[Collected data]
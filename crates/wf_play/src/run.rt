//! Reading and playing a script, over any reader and writer.

ghost use Rattle.std.specs.Prelude.{◌≡◌, ◌+◌, ◌<◌, IfErr, IfOk, IfSome, Ok, OnOk, length};
ghost use Rattle.std.specs.Io.KnownBytes.{IsAtEnd};
ghost use Rattle.wf_stream.specs.Effects.{TakesUpTo};
ghost use Rattle.wf_script.specs.Lines.{examined, most_script_bytes};
ghost use Rattle.wf_play.specs.PlayEnd.{IsPlayEnded, MayBeBegun, WritesBeginning};
ghost use Rattle.wf_play.specs.Fault.{CountsReads, CountsWrites, EndsWriting, IsPlayInputFault, IsPlayingFault, KeepsQuiet, LosesNone};
ghost use Rattle.wf_play.specs.ScriptRun.{HavePlayed, IsStepRejectionOf, IsScriptText, PlaysInput, ReadsWhole, WritesPlay};
ghost use Rattle.wf_script.specs.Text.{script_of};

use crate::fault::PlayFault;
use crate::session::Session;
use std::alloc::Global;
use std::io::ErrorKind;
use wf_farm::Carrier;
use wf_script::{MOST_SCRIPT_BYTES, Script, ScriptFault, a_beginning_is_examined_alike};
use wf_stream::{Sink, Source, read_up_to, write_all};

/// Reads a script to its end, or to the byte that makes it too long, and plays it on a new farm,
/// whose messages come by the carrier. The output of each order is written once the order is
/// performed. Where the script has an error, nothing is written. Where S1 comes at an order, it is
/// at that order's line, and exactly the output of the orders before it is written. Where the
/// carrier fails, or brings another message than it was given, the error is `Wire`, and exactly the
/// output of the orders before is written too; of a faithful carrier that never comes. Where a
/// write fails, exactly the output of the orders before and a beginning of the output of one order
/// is, and the failed write is the last call of the writer.
#[tactic(auto, using(crate::proofs::Faults::no_writes_yet, crate::proofs::Faults::none_lost_yet, crate::proofs::WholeInput::ends_whole, crate::proofs::WholeInput::no_script_ends))]
pub fn run_script<S: Source, K: Sink, C: Carrier>(
    alloc: Global,
    carrier: &mut C,
    source: &mut S,
    sink: &mut K,
) -> Result<(), PlayFault>
    ensures whole { ReadsWhole (S.left source.old) (S.left source.new) result }
    ensures plays { OnOk result
        (PlaysInput (S.left source.old) (K.written sink.old) (K.written sink.new)) }
    ensures quiet { IfErr result (KeepsQuiet (K.written sink.old) (K.written sink.new)) }
    ensures begun { IfErr result
        (WritesBeginning (S.left source.old) (K.written sink.old) (K.written sink.new)) }
    ensures faithful { C.faithful → IfErr result LosesNone }
    ensures most { TakesUpTo (most_script_bytes + 1) (S.left source.old) (S.left source.new) }
    ensures reads { CountsReads result (S.failures source.old) (S.failures source.new) }
    ensures writes { CountsWrites result (K.failures sink.old) (K.failures sink.new) }
    ensures last { IfErr result (EndsWriting K.Sink sink.old sink.new) }
{
    match script(alloc, source) {
        Ok(script) => {
            let played = play(alloc, carrier, &script, sink);
            drop(script);
            played
        }
        Err(fault) => Err(fault),
    }
}

/// The input to its end, or its first bytes.
fn input<S: Source>(alloc: Global, source: &mut S) -> Result<Vec<u8>, PlayFault>
    ensures first { IfOk result
        (λ bytes. IfSome (S.left source.old) (λ known. bytes.items ≡ examined known)) }
    ensures end { IfOk result
        (λ bytes. length bytes.items < most_script_bytes + 1 → IsAtEnd (S.left source.new)) }
    ensures err { IfErr result IsPlayInputFault }
    ensures most { TakesUpTo (most_script_bytes + 1) (S.left source.old) (S.left source.new) }
    ensures reads { CountsReads result (S.failures source.old) (S.failures source.new) }
{
    match read_up_to(alloc, source, MOST_SCRIPT_BYTES + 1) {
        Ok(bytes) => Ok(bytes),
        Err(error) if error.kind() == ErrorKind::OutOfMemory => {
            Err(PlayFault::Script(ScriptFault::Memory(1)))
        }
        Err(_) => Err(PlayFault::Read),
    }
}

/// The script that the input is.
#[tactic(auto, using(crate::proofs::WholeInput::no_input))]
fn script<S: Source>(alloc: Global, source: &mut S) -> Result<Script, PlayFault>
    ensures whole { OnOk result (IfSome (S.left source.old) IsScriptText) }
    ensures means { IfOk result
        (λ script. IfSome (S.left source.old) (λ text. script_of text ≡ Ok script)) }
    ensures end { OnOk result (IsAtEnd (S.left source.new)) }
    ensures err { IfErr result (IsStepRejectionOf (S.left source.old)) }
    ensures most { TakesUpTo (most_script_bytes + 1) (S.left source.old) (S.left source.new) }
    ensures reads { CountsReads result (S.failures source.old) (S.failures source.new) }
{
    a_beginning_is_examined_alike();
    let bytes = input(alloc, source)?;
    let script = Script::read(alloc, &bytes);
    drop(bytes);
    match script {
        Ok(script) => Ok(script),
        Err(fault) => Err(PlayFault::Script(fault)),
    }
}

/// Plays a script on a new farm.
fn play<K: Sink, C: Carrier>(
    alloc: Global,
    carrier: &mut C,
    script: &Script,
    sink: &mut K,
) -> Result<(), PlayFault>
    ensures plays { OnOk result (WritesPlay script.now (K.written sink.old) (K.written sink.new)) }
    ensures begun { IfErr result (MayBeBegun script.now (K.written sink.old) (K.written sink.new)) }
    ensures err { IfErr result IsPlayingFault }
    ensures faithful { C.faithful → IfErr result LosesNone }
    ensures writes { CountsWrites result (K.failures sink.old) (K.failures sink.new) }
    ensures last { IfErr result (EndsWriting K.Sink sink.old sink.new) }
{
    match Session::new(alloc, script) {
        Ok(mut session) => {
            let played = perform_all(alloc, carrier, &mut session, script.len(), sink);
            drop(session);
            played
        }
        Err(fault) => Err(PlayFault::Script(fault)),
    }
}

/// Performs the first orders, as many as `count` says, and writes the output of each.
#[tactic(auto, using(crate::proofs::Faults::order_fault_ends, crate::proofs::Faults::order_writes_none))]
fn perform_all<K: Sink, C: Carrier>(
    alloc: Global,
    carrier: &mut C,
    session: &mut Session<'_>,
    count: usize,
    sink: &mut K,
) -> Result<(), PlayFault>
    ensures plays { OnOk result
        (HavePlayed count session.old.script session.old.farm session.new.farm
        (K.written sink.old) (K.written sink.new)) }
    ensures ended { IfErr result
        (IsPlayEnded session.old.script session.old.farm (K.written sink.old) (K.written sink.new)) }
    ensures err { IfErr result IsPlayingFault }
    ensures faithful { C.faithful → IfErr result LosesNone }
    ensures writes { CountsWrites result (K.failures sink.old) (K.failures sink.new) }
    ensures last { IfErr result (EndsWriting K.Sink sink.old sink.new) }
{
    let mut out = String::new(alloc);
    for number in 0..count {
        if let Err(fault) = session.perform(alloc, carrier, number, &mut out) {
            return Err(fault);
        }
        match write_all(sink, out.as_bytes()) {
            Ok(()) => out.clear(),
            Err(_) => return Err(PlayFault::Write),
        }
    }
    Ok(())
}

**WHAT YOU HAVE TO DO**
Without altering anything, print all of the data again.

**COMPLETED TASK**
filename crates/wf_play/src/run.rt
//! Reading and playing a script, over any reader and writer.

ghost use Rattle.std.specs.Prelude.{◌≡◌, ◌+◌, ◌<◌, IfErr, IfOk, IfSome, Ok, OnOk, length};
ghost use Rattle.std.specs.Io.KnownBytes.{IsAtEnd};
ghost use Rattle.wf_stream.specs.Effects.{TakesUpTo};
ghost use Rattle.wf_script.specs.Lines.{examined, most_script_bytes};
ghost use Rattle.wf_play.specs.PlayEnd.{IsPlayEnded, MayBeBegun, WritesBeginning};
ghost use Rattle.wf_play.specs.Fault.{CountsReads, CountsWrites, EndsWriting, IsPlayInputFault, IsPlayingFault, KeepsQuiet, LosesNone};
ghost use Rattle.wf_play.specs.ScriptRun.{HavePlayed, IsStepRejectionOf, IsScriptText, PlaysInput, ReadsWhole, WritesPlay};
ghost use Rattle.wf_script.specs.Text.{script_of};

use crate::fault::PlayFault;
use crate::session::Session;
use std::alloc::Global;
use std::io::ErrorKind;
use wf_farm::Carrier;
use wf_script::{MOST_SCRIPT_BYTES, Script, ScriptFault, a_beginning_is_examined_alike};
use wf_stream::{Sink, Source, read_up_to, write_all};

/// Reads a script to its end, or to the byte that makes it too long, and plays it on a new farm,
/// whose messages come by the carrier. The output of each order is written once the order is
/// performed. Where the script has an error, nothing is written. Where S1 comes at an order, it is
/// at that order's line, and exactly the output of the orders before it is written. Where the
/// carrier fails, or brings another message than it was given, the error is `Wire`, and exactly the
/// output of the orders before is written too; of a faithful carrier that never comes. Where a
/// write fails, exactly the output of the orders before and a beginning of the output of one order
/// is, and the failed write is the last call of the writer.
#[tactic(auto, using(crate::proofs::Faults::no_writes_yet, crate::proofs::Faults::none_lost_yet, crate::proofs::WholeInput::ends_whole, crate::proofs::WholeInput::no_script_ends))]
pub fn run_script<S: Source, K: Sink, C: Carrier>(
    alloc: Global,
    carrier: &mut C,
    source: &mut S,
    sink: &mut K,
) -> Result<(), PlayFault>
    ensures whole { ReadsWhole (S.left source.old) (S.left source.new) result }
    ensures plays { OnOk result
        (PlaysInput (S.left source.old) (K.written sink.old) (K.written sink.new)) }
    ensures quiet { IfErr result (KeepsQuiet (K.written sink.old) (K.written sink.new)) }
    ensures begun { IfErr result
        (WritesBeginning (S.left source.old) (K.written sink.old) (K.written sink.new)) }
    ensures faithful { C.faithful → IfErr result LosesNone }
    ensures most { TakesUpTo (most_script_bytes + 1) (S.left source.old) (S.left source.new) }
    ensures reads { CountsReads result (S.failures source.old) (S.failures source.new) }
    ensures writes { CountsWrites result (K.failures sink.old) (K.failures sink.new) }
    ensures last { IfErr result (EndsWriting K.Sink sink.old sink.new) }
{
    match script(alloc, source) {
        Ok(script) => {
            let played = play(alloc, carrier, &script, sink);
            drop(script);
            played
        }
        Err(fault) => Err(fault),
    }
}

/// The input to its end, or its first bytes.
fn input<S: Source>(alloc: Global, source: &mut S) -> Result<Vec<u8>, PlayFault>
    ensures first { IfOk result
        (λ bytes. IfSome (S.left source.old) (λ known. bytes.items ≡ examined known)) }
    ensures end { IfOk result
        (λ bytes. length bytes.items < most_script_bytes + 1 → IsAtEnd (S.left source.new)) }
    ensures err { IfErr result IsPlayInputFault }
    ensures most { TakesUpTo (most_script_bytes + 1) (S.left source.old) (S.left source.new) }
    ensures reads { CountsReads result (S.failures source.old) (S.failures source.new) }
{
    match read_up_to(alloc, source, MOST_SCRIPT_BYTES + 1) {
        Ok(bytes) => Ok(bytes),
        Err(error) if error.kind() == ErrorKind::OutOfMemory => {
            Err(PlayFault::Script(ScriptFault::Memory(1)))
        }
        Err(_) => Err(PlayFault::Read),
    }
}

/// The script that the input is.
#[tactic(auto, using(crate::proofs::WholeInput::no_input))]
fn script<S: Source>(alloc: Global, source: &mut S) -> Result<Script, PlayFault>
    ensures whole { OnOk result (IfSome (S.left source.old) IsScriptText) }
    ensures means { IfOk result
        (λ script. IfSome (S.left source.old) (λ text. script_of text ≡ Ok script)) }
    ensures end { OnOk result (IsAtEnd (S.left source.new)) }
    ensures err { IfErr result (IsStepRejectionOf (S.left source.old)) }
    ensures most { TakesUpTo (most_script_bytes + 1) (S.left source.old) (S.left source.new) }
    ensures reads { CountsReads result (S.failures source.old) (S.failures source.new) }
{
    a_beginning_is_examined_alike();
    let bytes = input(alloc, source)?;
    let script = Script::read(alloc, &bytes);
    drop(bytes);
    match script {
        Ok(script) => Ok(script),
        Err(fault) => Err(PlayFault::Script(fault)),
    }
}

/// Plays a script on a new farm.
fn play<K: Sink, C: Carrier>(
    alloc: Global,
    carrier: &mut C,
    script: &Script,
    sink: &mut K,
) -> Result<(), PlayFault>
    ensures plays { OnOk result (WritesPlay script.now (K.written sink.old) (K.written sink.new)) }
    ensures begun { IfErr result (MayBeBegun script.now (K.written sink.old) (K.written sink.new)) }
    ensures err { IfErr result IsPlayingFault }
    ensures faithful { C.faithful → IfErr result LosesNone }
    ensures writes { CountsWrites result (K.failures sink.old) (K.failures sink.new) }
    ensures last { IfErr result (EndsWriting K.Sink sink.old sink.new) }
{
    match Session::new(alloc, script) {
        Ok(mut session) => {
            let played = perform_all(alloc, carrier, &mut session, script.len(), sink);
            drop(session);
            played
        }
        Err(fault) => Err(PlayFault::Script(fault)),
    }
}

/// Performs the first orders, as many as `count` says, and writes the output of each.
#[tactic(auto, using(crate::proofs::Faults::order_fault_ends, crate::proofs::Faults::order_writes_none))]
fn perform_all<K: Sink, C: Carrier>(
    alloc: Global,
    carrier: &mut C,
    session: &mut Session<'_>,
    count: usize,
    sink: &mut K,
) -> Result<(), PlayFault>
    ensures plays { OnOk result
        (HavePlayed count session.old.script session.old.farm session.new.farm
        (K.written sink.old) (K.written sink.new)) }
    ensures ended { IfErr result
        (IsPlayEnded session.old.script session.old.farm (K.written sink.old) (K.written sink.new)) }
    ensures err { IfErr result IsPlayingFault }
    ensures faithful { C.faithful → IfErr result LosesNone }
    ensures writes { CountsWrites result (K.failures sink.old) (K.failures sink.new) }
    ensures last { IfErr result (EndsWriting K.Sink sink.old sink.new) }
{
    let mut out = String::new(alloc);
    for number in 0..count {
        if let Err(fault) = session.perform(alloc, carrier, number, &mut out) {
            return Err(fault);
        }
        match write_all(sink, out.as_bytes()) {
            Ok(()) => out.clear(),
            Err(_) => return Err(PlayFault::Write),
        }
    }
    Ok(())
}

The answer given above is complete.